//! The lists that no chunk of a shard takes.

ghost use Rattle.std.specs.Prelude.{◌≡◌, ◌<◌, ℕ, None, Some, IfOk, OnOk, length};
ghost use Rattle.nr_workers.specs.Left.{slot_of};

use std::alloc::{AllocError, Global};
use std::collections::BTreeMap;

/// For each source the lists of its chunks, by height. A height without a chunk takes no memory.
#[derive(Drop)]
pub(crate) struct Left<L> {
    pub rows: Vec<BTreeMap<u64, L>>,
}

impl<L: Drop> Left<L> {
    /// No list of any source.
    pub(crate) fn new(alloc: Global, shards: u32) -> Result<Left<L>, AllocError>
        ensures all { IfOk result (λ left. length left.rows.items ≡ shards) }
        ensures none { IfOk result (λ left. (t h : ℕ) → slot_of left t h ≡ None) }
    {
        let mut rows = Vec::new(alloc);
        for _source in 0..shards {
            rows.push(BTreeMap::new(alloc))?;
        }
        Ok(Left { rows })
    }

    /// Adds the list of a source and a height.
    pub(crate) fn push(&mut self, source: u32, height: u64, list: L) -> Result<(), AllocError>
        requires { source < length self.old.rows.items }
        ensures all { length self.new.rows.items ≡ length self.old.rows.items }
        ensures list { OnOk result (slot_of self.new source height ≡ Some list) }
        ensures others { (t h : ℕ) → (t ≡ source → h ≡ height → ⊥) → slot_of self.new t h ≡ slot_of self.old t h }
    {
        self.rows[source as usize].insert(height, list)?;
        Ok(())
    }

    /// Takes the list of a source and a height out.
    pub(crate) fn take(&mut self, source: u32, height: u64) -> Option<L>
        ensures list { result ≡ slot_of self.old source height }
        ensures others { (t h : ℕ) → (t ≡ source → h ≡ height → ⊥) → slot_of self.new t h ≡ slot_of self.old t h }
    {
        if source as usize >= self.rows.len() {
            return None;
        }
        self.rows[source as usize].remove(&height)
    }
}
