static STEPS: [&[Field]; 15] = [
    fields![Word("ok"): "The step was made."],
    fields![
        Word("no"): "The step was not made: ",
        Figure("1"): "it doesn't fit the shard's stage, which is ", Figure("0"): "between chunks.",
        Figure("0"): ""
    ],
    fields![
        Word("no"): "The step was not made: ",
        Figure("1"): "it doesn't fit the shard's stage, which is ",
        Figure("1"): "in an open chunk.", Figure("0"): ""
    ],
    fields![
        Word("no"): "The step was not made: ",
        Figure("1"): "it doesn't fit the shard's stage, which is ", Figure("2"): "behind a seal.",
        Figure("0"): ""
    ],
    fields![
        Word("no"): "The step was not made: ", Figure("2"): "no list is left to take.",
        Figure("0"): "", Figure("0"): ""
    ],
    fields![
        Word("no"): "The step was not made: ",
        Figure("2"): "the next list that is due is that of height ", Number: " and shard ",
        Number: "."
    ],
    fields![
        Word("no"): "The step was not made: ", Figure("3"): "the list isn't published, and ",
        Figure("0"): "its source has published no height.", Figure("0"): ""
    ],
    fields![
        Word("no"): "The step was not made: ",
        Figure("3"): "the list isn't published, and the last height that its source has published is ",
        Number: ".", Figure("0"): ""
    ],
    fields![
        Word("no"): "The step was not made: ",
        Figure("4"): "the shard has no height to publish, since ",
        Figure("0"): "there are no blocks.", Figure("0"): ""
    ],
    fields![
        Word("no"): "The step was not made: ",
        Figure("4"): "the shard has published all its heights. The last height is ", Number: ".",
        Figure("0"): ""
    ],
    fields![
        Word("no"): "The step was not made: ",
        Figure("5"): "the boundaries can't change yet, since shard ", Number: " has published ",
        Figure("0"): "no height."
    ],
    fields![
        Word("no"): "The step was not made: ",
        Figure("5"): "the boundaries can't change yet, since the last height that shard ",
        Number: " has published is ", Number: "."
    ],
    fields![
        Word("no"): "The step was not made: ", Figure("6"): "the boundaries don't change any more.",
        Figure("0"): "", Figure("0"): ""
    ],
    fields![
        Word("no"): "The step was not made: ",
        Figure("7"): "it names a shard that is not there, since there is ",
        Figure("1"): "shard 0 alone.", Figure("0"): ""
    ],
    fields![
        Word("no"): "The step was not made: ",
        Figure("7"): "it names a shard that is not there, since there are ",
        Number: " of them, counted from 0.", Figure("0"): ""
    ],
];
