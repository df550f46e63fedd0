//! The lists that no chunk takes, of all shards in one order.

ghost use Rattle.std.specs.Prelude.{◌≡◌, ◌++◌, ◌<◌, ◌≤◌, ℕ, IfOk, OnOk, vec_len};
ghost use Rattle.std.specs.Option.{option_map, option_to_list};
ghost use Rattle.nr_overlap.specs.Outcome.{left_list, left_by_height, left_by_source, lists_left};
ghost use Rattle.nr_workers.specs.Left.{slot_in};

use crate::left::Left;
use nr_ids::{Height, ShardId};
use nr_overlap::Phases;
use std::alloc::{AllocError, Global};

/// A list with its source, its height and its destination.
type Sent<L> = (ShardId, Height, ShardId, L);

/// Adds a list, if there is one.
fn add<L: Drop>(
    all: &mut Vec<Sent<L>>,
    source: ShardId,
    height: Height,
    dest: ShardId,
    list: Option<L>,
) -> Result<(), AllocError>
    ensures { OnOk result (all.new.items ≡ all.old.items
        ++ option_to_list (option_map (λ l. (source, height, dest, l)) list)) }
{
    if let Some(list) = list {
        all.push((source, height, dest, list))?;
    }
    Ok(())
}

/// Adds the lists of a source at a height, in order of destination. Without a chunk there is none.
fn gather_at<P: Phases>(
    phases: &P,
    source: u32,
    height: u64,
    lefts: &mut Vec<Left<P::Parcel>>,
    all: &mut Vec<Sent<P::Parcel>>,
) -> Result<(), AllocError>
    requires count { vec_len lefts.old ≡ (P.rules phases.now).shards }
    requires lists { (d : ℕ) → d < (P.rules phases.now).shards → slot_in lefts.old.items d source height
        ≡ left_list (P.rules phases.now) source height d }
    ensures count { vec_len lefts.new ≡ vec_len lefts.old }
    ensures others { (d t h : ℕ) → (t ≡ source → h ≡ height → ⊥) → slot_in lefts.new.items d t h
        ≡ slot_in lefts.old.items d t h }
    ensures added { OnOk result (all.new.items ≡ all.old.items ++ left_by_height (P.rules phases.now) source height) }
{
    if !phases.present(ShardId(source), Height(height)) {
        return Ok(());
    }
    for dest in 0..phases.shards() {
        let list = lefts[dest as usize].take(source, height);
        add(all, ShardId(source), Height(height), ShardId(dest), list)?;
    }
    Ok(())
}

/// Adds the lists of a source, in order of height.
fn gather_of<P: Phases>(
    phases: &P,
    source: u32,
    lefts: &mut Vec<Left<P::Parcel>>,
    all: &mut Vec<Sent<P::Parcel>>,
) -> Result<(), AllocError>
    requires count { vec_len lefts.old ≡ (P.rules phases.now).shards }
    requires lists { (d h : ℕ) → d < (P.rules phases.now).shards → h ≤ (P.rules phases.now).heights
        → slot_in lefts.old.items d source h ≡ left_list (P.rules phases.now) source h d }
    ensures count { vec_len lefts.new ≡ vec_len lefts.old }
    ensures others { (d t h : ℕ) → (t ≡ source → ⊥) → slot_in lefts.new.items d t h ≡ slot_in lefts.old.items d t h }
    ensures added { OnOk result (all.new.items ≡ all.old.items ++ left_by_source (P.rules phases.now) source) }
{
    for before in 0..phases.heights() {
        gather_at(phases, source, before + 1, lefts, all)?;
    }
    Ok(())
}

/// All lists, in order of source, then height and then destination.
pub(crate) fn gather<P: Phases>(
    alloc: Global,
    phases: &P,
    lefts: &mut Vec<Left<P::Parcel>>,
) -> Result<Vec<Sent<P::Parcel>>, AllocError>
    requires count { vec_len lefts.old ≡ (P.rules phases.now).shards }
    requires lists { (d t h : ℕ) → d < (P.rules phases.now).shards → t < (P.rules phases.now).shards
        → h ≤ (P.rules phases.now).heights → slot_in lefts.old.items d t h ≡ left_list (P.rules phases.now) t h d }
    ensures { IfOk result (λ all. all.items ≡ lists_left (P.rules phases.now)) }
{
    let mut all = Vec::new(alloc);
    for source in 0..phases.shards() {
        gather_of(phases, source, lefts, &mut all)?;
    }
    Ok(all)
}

#### [What the task requires]
One stretch of the lines above is wanted, from the line that contains "(λ left. length" through the line that contains "OnOk result (slot_of". Output it exactly.

#### [Exercise answer]
        ensures all { IfOk result (λ left. length left.rows.items ≡ shards) }
        ensures none { IfOk result (λ left. (t h : ℕ) → slot_of left t h ≡ None) }
    {
        let mut rows = Vec::new(alloc);
        for _source in 0..shards {
            rows.push(BTreeMap::new(alloc))?;
        }
        Ok(Left { rows })
    }

    /// Adds the list of a source and a height.
    pub(crate) fn push(&mut self, source: u32, height: u64, list: L) -> Result<(), AllocError>
        requires { source < length self.old.rows.items }
        ensures all { length self.new.rows.items ≡ length self.old.rows.items }
        ensures list { OnOk result (slot_of self.new source height ≡ Some list) }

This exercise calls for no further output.